At the heart of the human concept of justice lies a subtle but profound truth: not all changes in the world are equal. Some occur naturally, such as rivers carving valleys or storms reshaping coastlines. Others emerge from human effort, such as buildings erected, fields cultivated, and art created, and therefore allow for attribution and accountability. But how do we objectively distinguish natural occurrences from the products of human labor? This question often arises in debates about whether land is a form of capital.
The answer to the question lies deep within the laws that govern the physical universe, specifically the second law of thermodynamics and the concept of entropy. Entropy, in both thermodynamics and information theory, is an expression of relative probabilities. Understanding this scientific principle illuminates the foundation of justice and property, revealing why some acts are rare, improbable, and thus uniquely human, and why these acts create rightful claims in a shared world.
The second law of thermodynamics tells us that in a closed system, entropy, which is a measure of disorder or randomness, tends to increase over time. Left undisturbed, natural systems move from order to disorder, from concentration to diffusion. Imagine drops of ink dispersing in a glass of water, or consider a sandcastle on a beach slowly eroded by wind and tide. This shift toward disorder is a move to higher entropy, a more probable and more random state. This tendency applies universally, even though biological life can locally and temporarily reverse it. Rivers erode rocks, heat flows from hot to cold, forests age and decay. Nature flows toward increasing entropy.
Biological processes, while capable of reversing entropy locally, tend to follow predictable pathways and therefore occur with relatively high probability. A seed becomes a tree, a species reproduces itself, a blade of grass grows to a typical form and size, beavers form dams, birds make nests, ants build colonies. These processes are wondrous but largely predictable, shaped by evolutionary history and environmental inputs.
Human labor is different. It is a form of biological activity shaped by intention and awareness. Human action not only reverses entropy locally and temporarily but also creates events that are highly improbable relative to other natural or biological processes. When a carpenter builds a chair, he takes raw wood and shapes it into a precise and functional form. This act reduces entropy in the local system, concentrating energy and order in a way that neither non-human organisms nor abiotic forces typically achieve.
This improbability is what makes human action recognizable. We intuitively know when something is man-made because it deviates so clearly from nature’s usual outcomes. Acts of building, writing, sculpting, planting, designing, and so on, are statistically improbable configurations of the world. They are marks of agency.
Thus, the improbability relative to the normal course of the universe defines the boundary between the natural and the human-made. But this is more than a scientific distinction; it is the moral foundation of justice. Deeply ensconced in our concept of justice is the concept of agency. Only improbable, intentional acts can create moral claims. Natural processes, regardless of their impact, do not bear moral responsibility. But human actions do, precisely because they arise from conscious intent and improbable execution. Therefore, justice must recognize and protect the products of human labor, because they embody the improbable acts of agency.

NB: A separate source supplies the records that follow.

//! A turn of a worker's thread: its private steps are made without the shared state, which it takes for each entry and gives
//! back at once.

ghost use Rattle.std.specs.Prelude.{◌≡◌, ◌≢◌, ◌+◌, ◌-◌, ◌<◌, ◌≤◌, ℕ, None, Some};
ghost use Rattle.address_space.specs.Slots.{slot_of};
ghost use Rattle.turn_lock.specs.declared.pass.Pass.{Pass as PassData};
ghost use Rattle.turn_lock.specs.Lock.{lock_id};
ghost use Rattle.turn_lock.specs.Words.{held_lock, held_number, held_value, lock_of, pass_number};
ghost use Rattle.machine_model.specs.Gated.{Leads, Stand, begin};
ghost use Rattle.hall_core.specs.Hall.{both, machine};
ghost use Rattle.guest_parts.specs.Running.{Rises};
ghost use Rattle.guest_entries.specs.Steps.{instruction_steps};
ghost use Rattle.thread_step.specs.Costs.{Spends, costs, slot_costs};
ghost use Rattle.thread_step.specs.Counts.{slot_steps};
ghost use Rattle.thread_step.specs.Context.{BudgetIs, EndsWith, GoesOn, HallOf, HoldsIn, IsContext, IsTaken, LookedIn, LookedIs, Runs, Saw, SteppedIn, SteppedIs, TookTurn, TurnedBy, TurnedIn, WorksIn, Wrote, context_pass, context_slot, context_steps, cost_in, wait_in};
ghost use Rattle.thread_step.specs.declared.rules.Turned.TheVariants as turned;
ghost use Rattle.thread_step.specs.Guest.{IsLeft, IsReady};
ghost use Rattle.thread_step.specs.Turned.{AreRules, Ready};

use crate::context::Context;
use crate::entries::{entry, has_ended, make_place};
use crate::guest::Guest;
use crate::rules::{Gate, Rules, Turned};
use crate::shared::SharedHall;
use guest_entries::Lifter;
use guest_entries::settle::settle;
use guest_parts::Engine;
use guest_steps::ahead::ahead;
use hall_core::Hall;
use ir_syntax::Block;
use std::alloc::AllocError;
use std::sync::Wait;
use turn_lock::{Held, Pass, Turn};

/// What the first look of a turn finds.
#[derive(Debug)]
pub(crate) enum Looked {
    /// The run has an ending.
    Ended,
    /// No thread lives in the slot.
    Idle,
    /// This thread lives in the slot, and the guest has begun it.
    Lives(u32),
}

/// What a step of a turn comes to.
#[derive(Debug, Drop)]
pub(crate) enum Stepped {
    /// An entry of the budget was made, and the thread goes on.
    On,
    /// The thread stands at a call that waits.
    Waits,
    /// The thread's life ended.
    Gone,
    /// The run has an ending.
    Ended,
    /// Memory was wanting.
    Memory(AllocError),
}

/// Takes the shared state. Its journal begins with what the pass saw, and what came after is of other slots.
pub(crate) fn take<R: Wait>(
    rt: &R,
    lock: &Turn<SharedHall>,
    pass: Pass<SharedHall>,
) -> Held<SharedHall>
    requires { lock_of pass ≡ lock_id lock.now }
    ensures lock { held_lock result ≡ lock_id lock.now }
    ensures number { held_number result ≡ pass_number pass }
    ensures taken { IsTaken result (held_value result) }
    ensures goes { (h : HallOf) → Saw pass h → GoesOn (pass_number pass) h (held_value result) }
{
    let mut held = lock.take(rt, pass);
    held.value().hall().facts();
    held
}

/// Gives the shared state back, with entries of the slot.
pub(crate) fn give(lock: &Turn<SharedHall>, held: Held<SharedHall>) -> Pass<SharedHall>
    requires lock { held_lock held ≡ lock_id lock.now }
    requires wrote { (h : HallOf) × IsTaken held h × Wrote (held_number held) h (held_value held) }
    ensures lock { lock_of result ≡ lock_id lock.now }
    ensures number { pass_number result ≡ held_number held }
    ensures saw { Saw result (held_value held) }
{
    let mut held = held;
    held.value().hall().facts();
    lock.give(held)
}

// The first look: a thread that lives in the slot is begun.
fn look_at(guest: &mut Guest, hall: &Hall<Block>) -> Looked
    requires ready { IsReady hall.now guest.old }
    ensures slot { guest.new.slot ≡ guest.old.slot }
    ensures told { guest.new.own.k ≡ guest.old.own.k }
    ensures looked { LookedIs result hall.now guest.old guest.new }
{
    if has_ended(hall) {
        return Looked::Ended;
    }
    let Some(t) = hall.thread_in(guest.slot) else {
        return Looked::Idle;
    };
    guest.enter(hall, t);
    Looked::Lives(t)
}

// The thread's next entry of the budget, where the run goes on.
fn step_in<L: Lifter, N: Engine>(
    guest: &mut Guest,
    hall: &mut Hall<Block>,
    t: u32,
    lifter: &L,
    engine: &mut N,
) -> Stepped
    requires low { guest.old.slot < 64 }
    requires runs { (machine hall.old).ending ≡ None → Runs hall.old t guest.old }
    ensures slot { guest.new.slot ≡ guest.old.slot }
    ensures case { hall.new.case ≡ hall.old.case }
    ensures spends { Spends t (cost_in result) (wait_in result) hall.old.journal hall.new.journal }
    ensures stepped { SteppedIs result hall.new t guest.new }
    ensures budget { BudgetIs result 1 (costs hall.old.journal) (costs hall.new.journal) }
    ensures count { Rises (N.count engine.old) (N.count engine.new) ((instruction_steps hall.old.case hall.new.journal + guest.new.own.k) - (instruction_steps hall.old.case hall.old.journal + guest.old.own.k)) }
{
    hall.facts();
    if has_ended(hall) {
        return Stepped::Ended;
    }
    let made = entry(
        guest.alloc,
        &mut guest.own,
        &mut guest.table,
        hall,
        t,
        lifter,
        engine,
    );
    hall.facts();
    match made {
        Err(e) => Stepped::Memory(e),
        Ok(true) => Stepped::Waits,
        Ok(false) => {
            if has_ended(hall) {
                Stepped::Ended
            } else if hall.is_live(t) {
                Stepped::On
            } else {
                Stepped::Gone
            }
        }
    }
}

// Private steps of the thread, as far as they need nothing of the shared state.
fn go_ahead<N: Engine>(guest: &mut Guest, engine: &mut N)
    requires runs { (h : HallOf) × (t : ℕ) × Runs h t guest.old }
    ensures slot { guest.new.slot ≡ guest.old.slot }
    ensures runs { (h : HallOf) (t : ℕ) → Runs h t guest.old → Runs h t guest.new }
    ensures count { Rises (N.count engine.old) (N.count engine.new) (guest.new.own.k - guest.old.own.k) }
{
    ahead(&mut guest.own, &mut guest.table, engine);
}

// The first look of a turn.
fn look<R: Wait>(
    rt: &R,
    lock: &Turn<SharedHall>,
    pass: Pass<SharedHall>,
    guest: &mut Guest,
) -> (Pass<SharedHall>, Looked)
    requires holds { (h : HallOf) × HoldsIn (lock_id lock.now) pass guest.old h }
    ensures lock { lock_of result.0 ≡ lock_id lock.now }
    ensures number { pass_number result.0 ≡ pass_number pass }
    ensures slot { guest.new.slot ≡ guest.old.slot }
    ensures told { guest.new.own.k ≡ guest.old.own.k }
    ensures looked { (h : HallOf) → HoldsIn (lock_id lock.now) pass guest.old h → LookedIn result.1 result.0 guest.old guest.new h }
{
    let mut held = take(rt, lock, pass);
    let looked = look_at(guest, held.value().hall());
    (give(lock, held), looked)
}
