//! The digest of what was sent and of the tables.
ghost use Rattle.std.specs.Prelude.{◌≡◌, IfOk};
ghost use Rattle.sha2.specs.Sha256.{sha256};
ghost use Rattle.call_parts.specs.MadeReport.{digested};

use kd_base::OutOfMemory;
use kdcs_types::Tables;
use monitor_parts::output_lines::table_lines;
use sha2::{Digest, Sha256};
use std::alloc::Global;

/// The SHA-256 digest of the number of bytes sent as a big-endian u64, these bytes, and the lines of the tables.
pub fn digest_of(alloc: Global, sent: &[u8], tables: &Tables) -> Result<[u8; 32], OutOfMemory>
    ensures { IfOk result (λ digest. digest ≡ sha256 (digested sent.now tables.now)) }
{
    let lines = table_lines(alloc, tables)?;
    let length = sent.len() as u64;
    let mut hasher = Sha256::new();
    hasher.update(length.to_be_bytes());
    hasher.update(sent);
    hasher.update(lines.as_slice());
    Ok(hasher.finalize())
}
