//! The texts of the made input.
ghost use Rattle.std.specs.Prelude.{◌≡◌, ◌++◌, ◌%◌, ◌==◌, ◌||◌, [], cond, flat_map, IfOk, OnOk};
ghost use Rattle.application_types.specs.Statements.{IsWithin};
ghost use Rattle.abstract_monitor.specs.Made.{made_round};
ghost use Rattle.call_parts.specs.MadeTexts.{command_line, input_line, definition_text, units_text, script_text};

use kd_base::{Bytes, OutOfMemory};
use std::alloc::Global;

/// Two TACs, and four terminals with a user each.
const DEFINITION: &[u8] = b"MAX APPLINAME=MAKE,TASKS=2,KB=16,SPAB=64,NB=80,PGPOOL=64,BLKSIZE=2K\n\
    PROGRAM ADD\n\
    PROGRAM TALLY\n\
    TAC ADD,PROGRAM=ADD\n\
    TAC TALLY,PROGRAM=TALLY,TYPE=A\n\
    USER U1\nLTERM L1\nPTERM P1,LTERM=L1\n\
    USER U2\nLTERM L2\nPTERM P2,LTERM=L2\n\
    USER U3\nLTERM L3\nPTERM P3,LTERM=L3\n\
    USER U4\nLTERM L4\nPTERM P4,LTERM=L4\n\
    END\n";

/// ADD counts its inputs and hands each on to TALLY, which adds them up.
const UNITS: &[u8] = b"UNIT ADD\n\
    FIELD v SPAB 0 8\n\
    FIELD n SPAB 8 8\n\
    INIT\n\
    MGET v\n\
    SGET GB 'CNT' n\n\
    ADD n 1\n\
    SPUT GB 'CNT' n\n\
    FPUT 'TALLY' v\n\
    MPUT n\n\
    PEND FI\n\
    END\n\
    UNIT TALLY\n\
    FIELD v SPAB 0 8\n\
    FIELD n SPAB 8 8\n\
    INIT\n\
    FGET v\n\
    SGET GB 'TOTAL' n\n\
    ADD n v\n\
    SPUT GB 'TOTAL' n\n\
    PEND FI\n\
    END\n";

/// Each user signs on at a terminal.
const SIGN_ONS: &[u8] = b"IN P1 KDCSIGN U1\nIN P2 KDCSIGN U2\nIN P3 KDCSIGN U3\nIN P4 KDCSIGN U4\n";

/// The texts of the made application and its script.
#[derive(Drop)]
pub struct MadeInput {
    /// The definition of a generation.
    pub definition: Bytes,
    /// Its program units.
    pub units: Bytes,
    /// The commands.
    pub script: Bytes,
}

// Input i, at the terminals in rotation.
fn put_input(alloc: Global, out: &mut Bytes, i: u32) -> Result<(), OutOfMemory>
    requires { IsWithin 1 20000 i }
    ensures { OnOk result (out.new ≡ out.old ++ input_line i) }
{
    let terminal = (i + 3) % 4 + 1;
    let digit = i % 10;
    let line = format!(in alloc; "IN P{terminal} ADD {digit}\n")?;
    out.append(line.as_bytes())
}

// A line where it is due.
fn put_where(out: &mut Bytes, due: bool, line: &[u8]) -> Result<(), OutOfMemory>
    ensures { OnOk result (out.new ≡ out.old ++ cond due line.now []) }
{
    if due { out.append(line) } else { Ok(()) }
}

// Whether a run follows input i of all.
fn is_run_due(all: u32, i: u32) -> bool
    ensures { result ≡ (i % 2 == 0 || i == all) }
{
    i % 2 == 0 || i == all
}

// Input i of all, a run after each second one and after the last, and a tick after each hundredth.
fn put_round(alloc: Global, out: &mut Bytes, all: u32, i: u32) -> Result<(), OutOfMemory>
    requires { IsWithin 1 20000 i }
    ensures { OnOk result (out.new ≡ out.old ++ flat_map command_line (made_round all i)) }
{
    put_input(alloc, out, i)?;
    put_where(out, is_run_due(all, i), b"RUN 100\n")?;
    put_where(out, i % 100 == 0, b"TICK 1\n")
}

// The sign-ons, and all inputs.
fn script(alloc: Global, n: u32) -> Result<Bytes, OutOfMemory>
    requires { IsWithin 1 20000 n }
    ensures { IfOk result (λ text. text ≡ script_text n) }
{
    let mut out = Bytes::from_slice(alloc, SIGN_ONS)?;
    for done in 0..n {
        put_round(alloc, &mut out, n, done + 1)?;
    }
    Ok(out)
}

/// The texts of the made input with n inputs: the definition and the units, which are the same for each n, and the script.
pub fn made(alloc: Global, n: u32) -> Result<MadeInput, OutOfMemory>
    requires { IsWithin 1 20000 n }
    ensures definition { IfOk result (λ m. m.definition ≡ definition_text) }
    ensures units { IfOk result (λ m. m.units ≡ units_text) }
    ensures script { IfOk result (λ m. m.script ≡ script_text n) }
{
    Ok(MadeInput {
        definition: Bytes::from_slice(alloc, DEFINITION)?,
        units: Bytes::from_slice(alloc, UNITS)?,
        script: script(alloc, n)?,
    })
}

When a human laborer acts upon the natural world, the result is not the creation of new matter, energy or space. Those are conserved and belong to the universe. Rather, labor rearranges existing matter and energy into a new, ordered configuration. Imagine a pile of stones scattered on the ground. These stones are matter in a high-entropy, disordered state. When someone arranges those stones into a wall, they impose a low-entropy configuration on them. The specific pattern and structure created is the result of human agency. This is the moral core of property. Just property is not a claim over matter or space itself, but over the unique configuration made possible by human action.

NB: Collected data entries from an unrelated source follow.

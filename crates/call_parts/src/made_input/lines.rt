//! The lines of a report.
ghost use Rattle.std.specs.Prelude.{◌≡◌, ◌++◌, IfOk, OnOk};
ghost use Rattle.abstract_monitor.specs.{Lines.{line}, Made.{number_line, total_line}};
ghost use Rattle.call_parts.specs.MadeReport.{lines_in, digest_line, report_with};

use crate::made_input::digest::digest_of;
use kd_base::{Bytes, Name, OutOfMemory};
use kdcs_types::{Area, Tables};
use std::alloc::Global;

/// The GSSB whose content is reported.
const TOTAL: &[u8] = b"TOTAL";

// How many lines were sent.
fn lines_in(sent: &[u8]) -> usize
    ensures { result ≡ lines_in sent.now }
{
    sent.iter().filter(|byte| **byte == b'\n').count()
}

// Puts a word and a number.
fn put_number(alloc: Global, out: &mut Bytes, word: &[u8], number: u64) -> Result<(), OutOfMemory>
    ensures { OnOk result (out.new ≡ out.old ++ number_line word.now number) }
{
    let digits = format!(in alloc; " {number}\n")?;
    out.append(word)?;
    out.append(digits.as_bytes())
}

// Puts the content of the GSSB TOTAL.
fn put_total(out: &mut Bytes, tables: &Tables) -> Result<(), OutOfMemory>
    ensures { OnOk result (out.new ≡ out.old ++ total_line tables.now) }
{
    out.append(b"TOTAL ")?;
    let Some(name) = Name::from_bytes(TOTAL) else {
        unreachable!();
    };
    if let Some(content) = tables.content(&Area::Gssb(name)) {
        out.append(content.as_slice())?;
    }
    out.push(b'\n')
}

// Puts the digest.
fn put_digest(
    alloc: Global,
    out: &mut Bytes,
    sent: &[u8],
    tables: &Tables,
) -> Result<(), OutOfMemory>
    ensures { OnOk result (out.new ≡ out.old ++ digest_line sent.now tables.now) }
{
    let digest = digest_of(alloc, sent, tables)?;
    let digits = hex::encode(alloc, digest.as_slice())?;
    out.append(b"DIGEST ")?;
    out.append(digits.as_bytes())?;
    out.push(b'\n')
}

/// The lines on n inputs, by the number of commits, the bytes that were sent, and the last durable tables.
pub fn made_report_lines(
    alloc: Global,
    n: u32,
    commits: u64,
    sent: &[u8],
    tables: &Tables,
) -> Result<Bytes, OutOfMemory>
    ensures { IfOk result (λ lines. lines ≡ report_with n commits sent.now tables.now) }
{
    let mut out = Bytes::new(alloc);
    put_number(alloc, &mut out, b"INPUTS", u64::from(n))?;
    put_number(alloc, &mut out, b"COMMITS", commits)?;
    put_number(alloc, &mut out, b"LINES", lines_in(sent) as u64)?;
    put_number(alloc, &mut out, b"CLOCK", tables.clock())?;
    put_total(&mut out, tables)?;
    put_digest(alloc, &mut out, sent, tables)?;
    Ok(out)
}
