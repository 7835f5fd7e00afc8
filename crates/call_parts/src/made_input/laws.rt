//! Laws on the definitions of the made input and its report. The functions do nothing.
ghost use Rattle.call_parts.specs.EmittedLines.{EmitsAreLines};
ghost use Rattle.call_parts.specs.MadeApplication.{MadeTextsAreTaken};
ghost use Rattle.call_parts.specs.MadeExamples.{ScriptRows};
ghost use Rattle.call_parts.specs.MadeReading.{MakeIsRead, MakeReports};

use laws_of_states::laws_of_places::{facts_hold_along, states_stay_consistent};
use laws_of_states::laws_of_tables::{states_stay_sound, the_made_application_is_taken};
use script_read::commands_are_said;
use texts::kdcdef_lex::read_statements_are_spelled;
use unit_read::read_units_are_spelled;

/// Scripts for a few inputs, and rounds at a hundredth one.
pub fn worked_texts()
    ensures { ScriptRows }
{}

/// The made definition and units make the made application, and the script of each number of inputs is its commands.
pub fn made_texts_are_taken()
    ensures { MadeTextsAreTaken }
{
    read_statements_are_spelled();
    read_units_are_spelled();
    commands_are_said();
}

/// Every line that a run sends has one line feed, at its end, so that line feeds count the lines.
pub fn emits_are_lines()
    ensures { EmitsAreLines }
{
    states_stay_consistent();
    states_stay_sound();
    facts_hold_along();
}

/// `make N` asks for the made application and its script, whatever the room, and reports what the made lines say of that
/// script: each line that was sent is counted once.
pub fn make_is_read()
    ensures reads { MakeIsRead }
    ensures reports { MakeReports }
{
    made_texts_are_taken();
    commands_are_said();
    emits_are_lines();
    the_made_application_is_taken();
}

This perspective reframes the nature of property. Land, absent human intervention, follows the path of high entropy and belongs to the natural commons by virtue of lacking human agency. Human-made improvements—houses, roads, farms, tools, and technologies—are low-entropy configurations that reflect deliberate labor and are rightly attributable to those who brought them into being. Just property rights do not arise from the materials themselves but apply to the transformations that are the improbable result of purposeful human action.
Modern society often confuses this distinction. Corporations and individuals claim ownership over natural resources and spaces, treating nature as their exclusive property. This leads to injustice: poverty, exclusion, and ecological harm. By returning to the principle that justice follows improbable, agent-driven acts, we can reestablish the boundary between what belongs to all and what can be rightfully claimed.
Justice is not an arbitrary or abstract idea imposed from above. It is grounded in the physical reality of the world we inhabit and how we relate with one another. When we understand that human labor stands out against the backdrop of natural entropy, we see why moral claims must rest on the boundary between the natural and the human– made. This boundary is where justice begins and where we find the true meaning of property, responsibility, and fairness.